Compute the maximum SDF value over the rectangle interior:

$$\phi_{\text{max}} = \max_{p \in R} \phi(p)$$

Since the SDF is continuous and the rectangle is convex, the maximum occurs at one of the boundary points. We sample the four corners and the midpoints of each edge (eight samples total):

$$\phi_{\text{max}} \approx \max { \phi(c_i) : i = 1,\ldots,8 }$$

This is O(1) with respect to polygon size.

Certification Decision

  • If $\phi_{\text{max}} \leq \epsilon$ (where $\epsilon = 10^{-7}$), the rectangle is certified as strictly contained.

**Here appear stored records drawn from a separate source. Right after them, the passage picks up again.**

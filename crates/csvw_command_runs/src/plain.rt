//! The run of one table without metadata.
ghost use Rattle.std.specs.Prelude.{◌≤◌};
ghost use Rattle.csvw_command_runs.specs.Plain.{RunsPlain};
ghost use Rattle.csvw_streams.specs.Streams.{stream_of};

use crate::group::{Ended, end_of, tell_end};
use crate::tell::tell_stop;
use csvw_engine::{Stop, plain};
use csvw_files::Opener;
use csvw_text::Counted;
use std::alloc::Global;
use std::io::Write;

/// A table without metadata.
#[derive(Clone, Copy)]
pub struct PlainTable<'a> {
    /// Its URL.
    pub url: &'a str,
    /// The file that has it.
    pub file: &'a str,
    /// Whether a stop is explained.
    pub explain: bool,
}

/// Converts a table. Returns how the run ended; a stop is reported on `err`.
pub fn run_plain<O: Opener, W: Write, V: Write>(
    alloc: Global,
    table: PlainTable<'_>,
    opener: &mut O,
    out: &mut Counted<W>,
    err: &mut Counted<V>,
) -> Ended
    ensures runs { RunsPlain O.opens O.closes O.Reader.remaining table.entry.url.now table.entry.file.now opener.old opener.new
        (stream_of W.contents out.old out.new) (stream_of V.contents err.old err.new) result.status }
    ensures bound { result.status ≤ 4 }
{
    let Some(reader) = opener.open(table.file) else {
        let status = tell_stop(&Stop::Read, err);
        return end_of(alloc, Err(Stop::Read), status);
    };
    let mut input = Counted::new(reader);
    let ran = plain(alloc, table.url, &mut input, out, err);
    opener.close(input);
    let status = tell_end(&ran, err);
    end_of(alloc, ran, status)
}
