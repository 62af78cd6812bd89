//! What the words ask of the streams.

use csvw_command::{Request, requested};
use std::alloc::Global;

/// What the words ask of the streams.
#[derive(Clone, Copy, Debug)]
pub(crate) struct Asked {
    /// Whether each line of a graph is sent when it is made.
    pub(crate) line_buffered: bool,
    /// Whether the progress is shown, also if standard output is a terminal.
    pub(crate) progress: bool,
}

impl Asked {
    /// Returns what these words ask for. Words that make no request ask for nothing.
    pub(crate) fn of(alloc: Global, words: &[String]) -> Asked {
        match requested(alloc, words) {
            Ok(request) => asked_by(&request),
            Err(_) => Asked {
                line_buffered: false,
                progress: false,
            },
        }
    }
}

/// Returns what a request asks for.
fn asked_by(request: &Request<'_>) -> Asked {
    let (line_buffered, progress) = match request {
        Request::Plain {
            line_buffered,
            progress,
            ..
        } => (*line_buffered, *progress),
        Request::Convert {
            group,
            line_buffered,
            ..
        } => (*line_buffered, group.progress),
        Request::Validate(group) => (false, group.progress),
        Request::Check(asked) => (false, asked.progress),
        _ => (false, false),
    };
    Asked {
        line_buffered,
        progress,
    }
}
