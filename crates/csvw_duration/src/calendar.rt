//! The days before the first day of a month, in the proleptic Gregorian calendar. Its years go far below 0 and above 9999.
ghost use Rattle.std.specs.Prelude.{◌≡◌, ◌<◌, ◌^◌, ◌+◌, pos};
ghost use Rattle.jiff_core.specs.Calendar.{IsWithin, is_leap_year, days_of_months};
ghost use Rattle.csvw_duration.specs.Timeline.{leap_days, days_before_year, days_before_month};

/// Returns how many of the years from 1 to a year are leap years, with a minus before the year 1.
#[tactic(auto, unfolding(crate::specs::Timeline::leap_days))]
fn leap_days(year: i64) -> i64
    requires { IsWithin (10 ^ 11) year }
    ensures value { result ≡ leap_days year }
    ensures near { IsWithin (10 ^ 11) result }
{
    year.div_euclid(4) - year.div_euclid(100) + year.div_euclid(400)
}

/// Returns the days before 1 January of a year.
#[tactic(auto, unfolding(crate::specs::Timeline::days_before_year))]
fn days_before_year(year: i64) -> i64
    requires { IsWithin (10 ^ 10) year }
    ensures value { result ≡ days_before_year year }
    ensures near { IsWithin (10 ^ 13) result }
{
    let before = year - 1;
    365 * before + leap_days(before)
}

/// Returns whether a year has 366 days.
fn is_leap_year(year: i64) -> bool
    requires { IsWithin (10 ^ 10) year }
    ensures { result ≡ is_leap_year year }
{
    let size = year.unsigned_abs();
    size % 4 == 0 && (size % 100 != 0 || size % 400 == 0)
}

/// Returns the days of so many months from January on, in a year of 365 days.
#[tactic(auto, unfolding(jiff_core::specs::Calendar::days_of_months))]
fn common_days(months: u64) -> u64
    requires { months < 12 }
    ensures value { result ≡ days_of_months (pos 1) months }
    ensures near { result < 365 }
{
    match months {
        0 => 0,
        1 => 31,
        2 => 59,
        3 => 90,
        4 => 120,
        5 => 151,
        6 => 181,
        7 => 212,
        8 => 243,
        9 => 273,
        10 => 304,
        _ => 334,
    }
}

/// Returns the days of so many months of a year from January on.
fn days_of_months(year: i64, months: u64) -> u64
    requires year { IsWithin (10 ^ 10) year }
    requires months { months < 12 }
    ensures value { result ≡ days_of_months year months }
    ensures near { result < 366 }
{
    let days = common_days(months);
    if months > 1 && is_leap_year(year) {
        days + 1
    } else {
        days
    }
}

/// Returns the days before the first day of a month, which is counted from January of the year 0 on.
#[tactic(auto, unfolding(crate::specs::Timeline::days_before_month))]
pub(crate) fn days_before_month(month: i64) -> i64
    requires { IsWithin (10 ^ 11 + 10 ^ 5) month }
    ensures value { result ≡ days_before_month month }
    ensures near { IsWithin (10 ^ 14) result }
{
    let year = month.div_euclid(12);
    let months = month.rem_euclid(12).unsigned_abs();
    days_before_year(year) + days_of_months(year, months) as i64
}
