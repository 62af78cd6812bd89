//! The profile of a metadata document, by its name.
ghost use Rattle.std.specs.Prelude.{◌≡◌};
ghost use Rattle.csvw_command_runs.specs.Groups.{profile_of};

use csvw_meta_core::Profile;

/// Returns the profile of a name. Without a name it is the core.
pub fn profile_of(name: Option<&str>) -> Profile
    ensures { result ≡ profile_of name.entry }
{
    match name {
        Some(name) if name == "w3c" => Profile::W3c,
        _ => Profile::Core,
    }
}
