Example:

    metadata.json: {"@context":"http://www.w3.org/ns/csvw","url":"t.csv"}
    t.csv: n,m\n1\n

Instead: Add or remove fields. Check the delimiter of the dialect if all rows are refused, and `skipBlankRows` for a blank line at the end.

Section: RFC 4180, section 2.

## Read (stop)

A file can not be opened, or a read failed.

Instead: Check the path and the permissions of the file.

## Write (stop)

A write to standard output or standard error failed, as on a full disk or a broken pipe.

Instead: Make room where the output goes, and begin anew.

## Memory (stop)

Memory ran out, or a regular expression needs more than 10 MiB, as `\w{1000}{1000}`.

Instead: Free some memory, or divide the tables. Keys are kept in memory. Repeat less in a regular expression, or a smaller class.
"##;
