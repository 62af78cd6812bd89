//! Which runs read all rows, and which report as a run does.
ghost use Rattle.std.specs.Prelude.{◌≡◌};
ghost use Rattle.csvw_command_runs.specs.Defaults.{is_csv, is_default, is_whole};

use csvw_command_core::Group;

/// Returns whether the report is CSV, as it is if no form is named.
pub fn is_csv(form: Option<&str>) -> bool
    ensures { result ≡ is_csv form.entry }
{
    match form {
        Some(name) => name == "csv",
        None => true,
    }
}

/// Returns whether all rows are read, and not those of one part.
pub fn is_whole(group: &Group<'_>) -> bool
    ensures { result ≡ is_whole group.now }
{
    group.part.is_none() && group.plan.is_none() && group.keys.is_none()
}

/// Whether the report and a stop are told as a run tells them.
pub fn is_default(group: &Group<'_>) -> bool
    ensures { result ≡ is_default group.now }
{
    is_csv(group.reporting.form) && !group.reporting.strict && !group.explain
}
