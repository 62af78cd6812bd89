//! What the program tells of its end, and the status that it ends with.
ghost use Rattle.std.specs.Prelude.{◌≡◌, true, false};
ghost use Rattle.csvw_command_runs.specs.Answers.{TellsStop};
ghost use Rattle.csvw_command_runs.specs.Status.{stop_status, outcome_status};
ghost use Rattle.csvw_streams.specs.Streams.{IsCut, Sends, Tells, stream_of};

use crate::line::send_stop;
use csvw_engine::{Outcome, Stop};
use csvw_text::{Counted, write_out};
use std::io::Write;

/// The tables were read to their ends, and no fault is an error; or help was asked for.
pub const SUCCESS: u8 = 0;
/// The tables were read to their ends, and a fault is an error.
pub(crate) const FAULTS: u8 = 1;
/// The command line was refused.
const USAGE: u8 = 2;
/// The metadata or a table was refused. No stop has a status below it.
pub const REFUSED: u8 = 3;
/// A file or a stream failed, or there was no memory.
const DEVICE: u8 = 4;

/// Sends some bytes and flushes. Returns whether all of them went out.
pub fn send<W: Write>(w: &mut Counted<W>, bytes: &[u8]) -> bool
    ensures sent { result ≡ true → Sends (stream_of W.contents w.old w.new) bytes.now }
    ensures cut { result ≡ false → IsCut (stream_of W.contents w.old w.new) bytes.now }
{
    let Ok(()) = write_out(w, bytes) else {
        return false;
    };
    w.flush().is_ok()
}

fn stop_status(stop: &Stop) -> u8
    ensures { result ≡ stop_status stop.now }
{
    match stop {
        Stop::Memory | Stop::Read | Stop::Write => DEVICE,
        _ => REFUSED,
    }
}

/// Reports a stop in one line. Returns its status: 4 if memory, a file or a stream failed, else 3. If the line can't be
/// sent, the status is all that is reported.
pub fn tell_stop<V: Write>(stop: &Stop, err: &mut Counted<V>) -> u8
    ensures { TellsStop stop.now (stream_of V.contents err.old err.new) result }
{
    send_stop(err, stop);
    stop_status(stop)
}

/// Reports a mistake of the command line. Returns its status, 2, even if the text can't be sent.
pub fn tell_mistake<V: Write>(text: &str, err: &mut Counted<V>) -> u8
    ensures told { Tells (stream_of V.contents err.old err.new) text.now }
    ensures status { result ≡ 2 }
{
    let _ = send(err, text.as_bytes());
    USAGE
}

/// Reports in one line why the plan of a part is refused. Returns its status, 3, even if the line can't be sent.
pub fn tell_refused<V: Write>(line: &str, err: &mut Counted<V>) -> u8
    ensures told { Tells (stream_of V.contents err.old err.new) line.now }
    ensures status { result ≡ 3 }
{
    let _ = send(err, line.as_bytes());
    REFUSED
}

/// Reports in one line which file can't be opened or read. Returns its status, 4, even if the line can't be sent.
pub fn tell_unread<V: Write>(line: &str, err: &mut Counted<V>) -> u8
    ensures told { Tells (stream_of V.contents err.old err.new) line.now }
    ensures status { result ≡ 4 }
{
    let _ = send(err, line.as_bytes());
    DEVICE
}

/// The status of a run that came to its end.
pub fn outcome_status(outcome: &Outcome) -> u8
    ensures { result ≡ outcome_status outcome.now }
{
    if outcome.valid() { SUCCESS } else { FAULTS }
}
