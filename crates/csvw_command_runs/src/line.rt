//! The line that reports a stop. It needs no memory, and a document can't break it: control characters are escaped.
ghost use Rattle.std.specs.Prelude.{◌++◌, OnErr, OnOk, codes};
ghost use Rattle.csvw_command_runs.specs.Answers.{ended_line};
ghost use Rattle.csvw_command_runs.specs.Lines.{line_at, line_of, meta_line};
ghost use Rattle.csvw_streams.specs.Lines.{SendsOn};
ghost use Rattle.csvw_streams.specs.Streams.{IsCut, Tells, stream_of};

use crate::tell::send;
use csvw_engine::{MetaFault, Stop};
use csvw_streams::{Counted, LineCut, LineRoom, push_parts, push_shown};
use itoa::Buffer;
use std::io::Write;

/// Adds the name of a stop that has no place.
fn push_name<W: Write>(w: &mut Counted<W>, room: &mut LineRoom, name: &str) -> Result<(), LineCut>
    ensures ok { OnOk result (SendsOn (stream_of W.contents w.old w.new) room.old.items (codes "csvw: " ++ name.now) room.new.items) }
    ensures cut { OnErr result (IsCut (stream_of W.contents w.old w.new) (room.old.items ++ (codes "csvw: " ++ name.now))) }
{
    push_parts(w, room, &["csvw: ", name])
}

/// Adds the name of a stop, and the table and row at which it is.
fn push_place<W: Write>(
    w: &mut Counted<W>,
    room: &mut LineRoom,
    name: &str,
    table: u32,
    row: u64,
) -> Result<(), LineCut>
    ensures ok { OnOk result (SendsOn (stream_of W.contents w.old w.new) room.old.items (line_at name.now table row) room.new.items) }
    ensures cut { OnErr result (IsCut (stream_of W.contents w.old w.new) (room.old.items ++ line_at name.now table row)) }
{
    let mut table_digits = Buffer::new();
    let mut row_digits = Buffer::new();
    let table = table_digits.format(table);
    let row = row_digits.format(row);
    push_parts(w, room, &["csvw: ", name, " table ", table, " row ", row])
}

/// Adds the code and the pointer of a fault of the document.
fn push_meta<W: Write>(
    w: &mut Counted<W>,
    room: &mut LineRoom,
    fault: &MetaFault,
) -> Result<(), LineCut>
    ensures ok { OnOk result (SendsOn (stream_of W.contents w.old w.new) room.old.items (meta_line fault.now) room.new.items) }
    ensures cut { OnErr result (IsCut (stream_of W.contents w.old w.new) (room.old.items ++ meta_line fault.now)) }
{
    push_parts(w, room, &["csvw: metadata ", fault.code.name(), " "])?;
    push_shown(w, room, fault.pointer.as_str())
}

/// Adds the line of a stop, without its end.
fn push_stop<W: Write>(w: &mut Counted<W>, room: &mut LineRoom, stop: &Stop) -> Result<(), LineCut>
    ensures ok { OnOk result (SendsOn (stream_of W.contents w.old w.new) room.old.items (line_of stop.now) room.new.items) }
    ensures cut { OnErr result (IsCut (stream_of W.contents w.old w.new) (room.old.items ++ line_of stop.now)) }
{
    match stop {
        Stop::Memory => push_name(w, room, "Memory"),
        Stop::Read => push_name(w, room, "Read"),
        Stop::Write => push_name(w, room, "Write"),
        Stop::TableCount => push_name(w, room, "TableCount"),
        Stop::UnknownTable => push_name(w, room, "UnknownTable"),
        Stop::AfterEnd => push_name(w, room, "AfterEnd"),
        Stop::NotEnded => push_name(w, room, "NotEnded"),
        Stop::Failed => push_name(w, room, "Failed"),
        Stop::Meta(fault) => push_meta(w, room, fault),
        Stop::Rows { table, row, stop } => push_place(w, room, stop.name(), *table, *row),
        Stop::Table { table, row, stop } => push_place(w, room, stop.name(), *table, *row),
    }
}

/// Adds the line of a stop, with its end.
fn push_line<W: Write>(w: &mut Counted<W>, room: &mut LineRoom, stop: &Stop) -> Result<(), LineCut>
    ensures ok { OnOk result (SendsOn (stream_of W.contents w.old w.new) room.old.items (ended_line stop.now) room.new.items) }
    ensures cut { OnErr result (IsCut (stream_of W.contents w.old w.new) (room.old.items ++ ended_line stop.now)) }
{
    push_stop(w, room, stop)?;
    push_parts(w, room, &["\n"])
}

/// Sends the line of a stop, as far as the stream takes it.
pub(crate) fn send_stop<W: Write>(w: &mut Counted<W>, stop: &Stop)
    ensures { Tells (stream_of W.contents w.old w.new) (ended_line stop.now) }
{
    let mut room = LineRoom::new();
    if push_line(w, &mut room, stop).is_ok() {
        let _ = send(w, room.as_slice());
    }
}
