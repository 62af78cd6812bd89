//! The plan of a group whose document is a file.
ghost use Rattle.std.specs.Prelude.{◌≤◌, IfOk};
ghost use Rattle.csvw_columns.specs.Ready.{AreReady};

use crate::profile::profile_of;
use crate::resources::resource_files;
use crate::tell::tell_stop;
use csvw_columns::Plan;
use csvw_defaults::with_defaults;
use csvw_engine::{Stop, planned};
use csvw_files::{Opener, ResourceFile, bundle_files, note_unread, read_document};
use csvw_text::Counted;
use std::alloc::Global;
use std::io::Write;

/// Why a command that reads files stops.
#[derive(Drop)]
pub(crate) enum FileStop<'a> {
    /// The file at this path can't be opened or read.
    Unread(&'a str),
    /// It stops as a run does.
    Stop(Stop),
}

impl<'a> From<Stop> for FileStop<'a> {
    fn from(stop: Stop) -> FileStop<'a> {
        FileStop::Stop(stop)
    }
}

impl FileStop<'_> {
    /// Reports the stop: a file that can't be read in a line that names it, with the system's error, and then the stop in
    /// its line. Returns the status.
    pub(crate) fn tell<O: Opener, V: Write>(&self, opener: &O, err: &mut Counted<V>) -> u8
        ensures { result ≤ 4 }
    {
        match self {
            FileStop::Unread(path) => {
                note_unread(path, opener.io_error(path), err);
                tell_stop(&Stop::Read, err)
            }
            FileStop::Stop(stop) => tell_stop(stop, err),
        }
    }
}

/// Returns that the file of a table can't be read. The first of the paths is that of table 1.
pub(crate) fn unread<'a>(table: u32, paths: &[&'a str]) -> FileStop<'a> {
    match paths.get((table as usize).wrapping_sub(1)) {
        Some(path) => FileStop::Unread(path),
        None => FileStop::Stop(Stop::Read),
    }
}

/// A metadata document in a file.
#[derive(Clone, Copy)]
pub(crate) struct DocumentFile<'a> {
    /// The path of the file.
    pub(crate) path: &'a str,
    /// The URL of the document.
    pub(crate) base: &'a str,
    /// The name of its profile, if one is given.
    pub(crate) profile: Option<&'a str>,
    /// The resources that take the place of their URLs in it, each as `URL=FILE`.
    pub(crate) resources: &'a [&'a str],
}

/// Reads a file of at most the length of a document, or one byte more.
pub(crate) fn read_file<'a, O: Opener>(
    alloc: Global,
    path: &'a str,
    opener: &mut O,
) -> Result<Vec<u8>, FileStop<'a>> {
    let Some(reader) = opener.open(path) else {
        return Err(FileStop::Unread(path));
    };
    let mut reader = Counted::new(reader);
    let read = read_document(alloc, &mut reader);
    opener.close(reader);
    match read {
        Ok(bytes) => Ok(bytes),
        Err(Stop::Read) => Err(FileStop::Unread(path)),
        Err(stop) => Err(FileStop::Stop(stop)),
    }
}

/// Returns that the first file which the system refused can't be read.
fn unread_resource<'a, O: Opener>(files: &[ResourceFile<'a>], opener: &O) -> FileStop<'a> {
    for file in files {
        if opener.io_error(file.path).is_some() {
            return FileStop::Unread(file.path);
        }
    }
    FileStop::Stop(Stop::Read)
}

/// Returns the bytes of a document, in which the objects of its resources take the place of their URLs.
fn with_resources<'a, O: Opener>(
    alloc: Global,
    own: Vec<u8>,
    document: DocumentFile<'a>,
    opener: &mut O,
) -> Result<Vec<u8>, FileStop<'a>> {
    let Ok(files) = resource_files(alloc, document.resources) else {
        return Err(FileStop::Stop(Stop::Memory));
    };
    match bundle_files(alloc, own, document.base, files.as_slice(), opener) {
        Ok(bytes) => Ok(bytes),
        Err(Stop::Read) => Err(unread_resource(files.as_slice(), opener)),
        Err(stop) => Err(FileStop::Stop(stop)),
    }
}

/// Reads a metadata document with its resources, and plans its tables.
pub(crate) fn plan_of<'a, O: Opener>(
    alloc: Global,
    document: DocumentFile<'a>,
    opener: &mut O,
) -> Result<Plan, FileStop<'a>>
    ensures { IfOk result (λ plan. AreReady plan.tables) }
{
    let own = read_file(alloc, document.path, opener)?;
    let whole = with_resources(alloc, own, document, opener)?;
    let profile = profile_of(document.profile);
    let Ok(meta) = with_defaults(alloc, whole, profile) else {
        return Err(FileStop::Stop(Stop::Memory));
    };
    match planned(alloc, meta.bytes.as_slice(), document.base, profile) {
        Ok(plan) => Ok(plan),
        Err(stop) => Err(FileStop::Stop(stop)),
    }
}
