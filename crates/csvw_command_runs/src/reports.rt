//! `csvw report`: the one report of the reports of parts.
ghost use Rattle.std.specs.Prelude.{◌≤◌};

use crate::tell::{outcome_status, tell_refused, tell_stop, tell_unread};
use csvw_engine::{Outcome, Stop, write_report};
use csvw_files::Opener;
use csvw_reports::{JoinedReports, ReportFault};
use csvw_text::Counted;
use std::alloc::{AllocError, Global};
use std::io::{self, ErrorKind, Read, Write};

/// Why the reports aren't joined.
#[derive(Drop)]
enum NotJoined {
    /// A file can't be opened or read. The line says which.
    Unread(String),
    /// A file is no report. The line says why.
    Refused(String),
    /// There is no memory.
    Memory,
}

impl From<AllocError> for NotJoined {
    fn from(_: AllocError) -> NotJoined {
        NotJoined::Memory
    }
}

/// The longest line of a stop that is repeated, in bytes.
const LONGEST_STOP: usize = 200;

/// What the line of a stop begins with.
const STOP: &str = "csvw: ";

/// Returns the line at which a text stops being a report, if that is the line of a stop.
fn stop_in(text: &[u8], number: u64) -> Option<&str> {
    let place = usize::try_from(number).ok()?.checked_sub(1)?;
    let line = text.split(|byte| *byte == b'\n').nth(place)?;
    if line.len() > LONGEST_STOP || line.iter().any(|byte| byte.is_ascii_control()) {
        return None;
    }
    str::from_utf8(line.strip_prefix(STOP.as_bytes())?).ok()
}

/// Returns why a text in a file is no report, as a line.
fn refusal(
    alloc: Global,
    path: &str,
    text: &[u8],
    fault: ReportFault,
) -> Result<NotJoined, AllocError> {
    let ReportFault::Line(number) = fault else {
        return Ok(NotJoined::Memory);
    };
    let line = match stop_in(text, number) {
        Some(stop) => format!(in alloc; "csvw: report {path}: its run stopped: {stop}\n")?,
        None => format!(in alloc; "csvw: report {path}: {fault}\n")?,
    };
    Ok(NotJoined::Refused(line))
}

/// Returns the line that a report's file can't be opened or read, with the system's error if it is known.
fn unread_line(alloc: Global, path: &str, error: Option<io::Error>) -> Result<String, AllocError> {
    match error {
        Some(error) => {
            format!(in alloc; "csvw: report {path}: the file can't be opened or read: {error}\n")
        }
        None => format!(in alloc; "csvw: report {path}: the file can't be opened or read\n"),
    }
}

/// Returns that a file can't be opened or read, as a line.
fn unread<O: Opener>(alloc: Global, path: &str, opener: &O) -> NotJoined {
    match unread_line(alloc, path, opener.io_error(path)) {
        Ok(line) => NotJoined::Unread(line),
        Err(_) => NotJoined::Memory,
    }
}

/// Reads a file to its end.
fn read_whole<O: Opener>(alloc: Global, path: &str, opener: &mut O) -> Result<Vec<u8>, NotJoined> {
    let Some(reader) = opener.open(path) else {
        return Err(unread(alloc, path, opener));
    };
    let mut reader = Counted::new(reader);
    let mut bytes = Vec::new(alloc);
    let read = reader.read_to_end(&mut bytes);
    opener.close(reader);
    match read {
        Ok(_) => Ok(bytes),
        Err(fault) if fault.kind() == ErrorKind::OutOfMemory => Err(NotJoined::Memory),
        Err(_) => Err(unread(alloc, path, opener)),
    }
}

/// Adds the report in a file.
fn add_file<O: Opener>(
    alloc: Global,
    path: &str,
    opener: &mut O,
    reports: &mut JoinedReports,
) -> Result<(), NotJoined> {
    let text = read_whole(alloc, path, opener)?;
    match reports.add(text.as_slice()) {
        Ok(()) => Ok(()),
        Err(fault) => Err(refusal(alloc, path, text.as_slice(), fault)?),
    }
}

/// Returns the faults of the reports in all files.
fn join_files<O: Opener>(
    alloc: Global,
    files: &[&str],
    opener: &mut O,
) -> Result<Outcome, NotJoined> {
    let mut reports = JoinedReports::new(alloc);
    for file in files {
        add_file(alloc, file, opener, &mut reports)?;
    }
    Ok(reports.into_outcome())
}

/// Joins the reports in files to one, on `out`. Returns the status: 0 if no fault is an error, else 1. A file that is no
/// report is told on `err`, with status 3.
pub fn run_join<O: Opener, W: Write, V: Write>(
    alloc: Global,
    files: &[&str],
    opener: &mut O,
    out: &mut Counted<W>,
    err: &mut Counted<V>,
) -> u8
    ensures { result ≤ 4 }
{
    let outcome = match join_files(alloc, files, opener) {
        Ok(outcome) => outcome,
        Err(NotJoined::Unread(line)) => return tell_unread(line.as_str(), err),
        Err(NotJoined::Refused(line)) => return tell_refused(line.as_str(), err),
        Err(NotJoined::Memory) => return tell_stop(&Stop::Memory, err),
    };
    if let Err(stop) = write_report(alloc, outcome.faults.as_slice(), out) {
        return tell_stop(&Stop::from(stop), err);
    }
    if out.flush().is_err() {
        return tell_stop(&Stop::Write, err);
    }
    outcome_status(&outcome)
}
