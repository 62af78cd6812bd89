//! Durations of XML Schema: the texts that write one, the canonical text of each, and their order.
//!
//! A duration has months and seconds, because a month has no fixed number of days. `P1Y` and `P12M` are one duration, and so
//! are `PT36H` and `P1DT12H`. A number and a fraction have at most 9 digits, and a duration has less than 10^9 years and
//! 10^9 days.
//!
//! ```text
//! let year = duration_text(alloc, DurationKind::Any, "P12M")?; // Some("P1Y")
//! let hours = duration_text(alloc, DurationKind::DayTime, "-PT90M")?; // Some("-PT1H30M")
//! let none = duration_text(alloc, DurationKind::YearMonth, "P1D")?; // None
//! let order = compare_durations("P1M", "P27D"); // Some(Ordering::Greater)
//! let no_order = compare_durations("P1M", "P30D"); // None
//! ```
//!
//! # Promises
//!
//! - `duration_text` returns the canonical text of the duration that a text writes (`duration_form`). It returns `None`
//!   exactly if the text writes no duration of the kind (`duration_fields`), or one of 10^9 years or 10^9 days or more.
//! - The law `one_duration_text`: a canonical text is its own canonical text.
//! - `is_duration` returns whether a text has a canonical text, and takes no memory.
//! - `compare_durations` returns the order of two durations (`duration_cmp`): less, equal or greater, exactly if the standard's
//!   four moments with one added stand so to those with the other added. It returns `None` exactly if they have no order, or if
//!   a text writes no duration.
#![tactic(auto)]

mod ascii;
mod calendar;
mod digits;
mod form;
mod order;
mod value;

pub use form::{duration_text, is_duration, one_duration_text};
pub use order::compare_durations;
pub use value::DurationKind;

  • Otherwise, apply symmetric shrinkage by $\delta = \phi_{\text{max}} + 2\epsilon$:

    $$R' = R \oplus (-\delta)$$

    where $\oplus$ denotes Minkowski subtraction (shrink by $\delta$ on all sides).

  • If $\delta > 0.2 \times \min(\text{width}, \text{height}) / 2$, reject the rectangle (excessive shrinkage).

  • Otherwise, re-verify $\phi_{\text{max}} \leq \epsilon$ on $R'$. If it passes, return the shrunk rectangle; otherwise, reject.

The shrink distance $\delta$ guarantees containment because all interior points are at least $\phi_{\text{max}}$ from the boundary, and shrinking by $\phi_{\text{max}} + 2\epsilon$ ensures a safety margin.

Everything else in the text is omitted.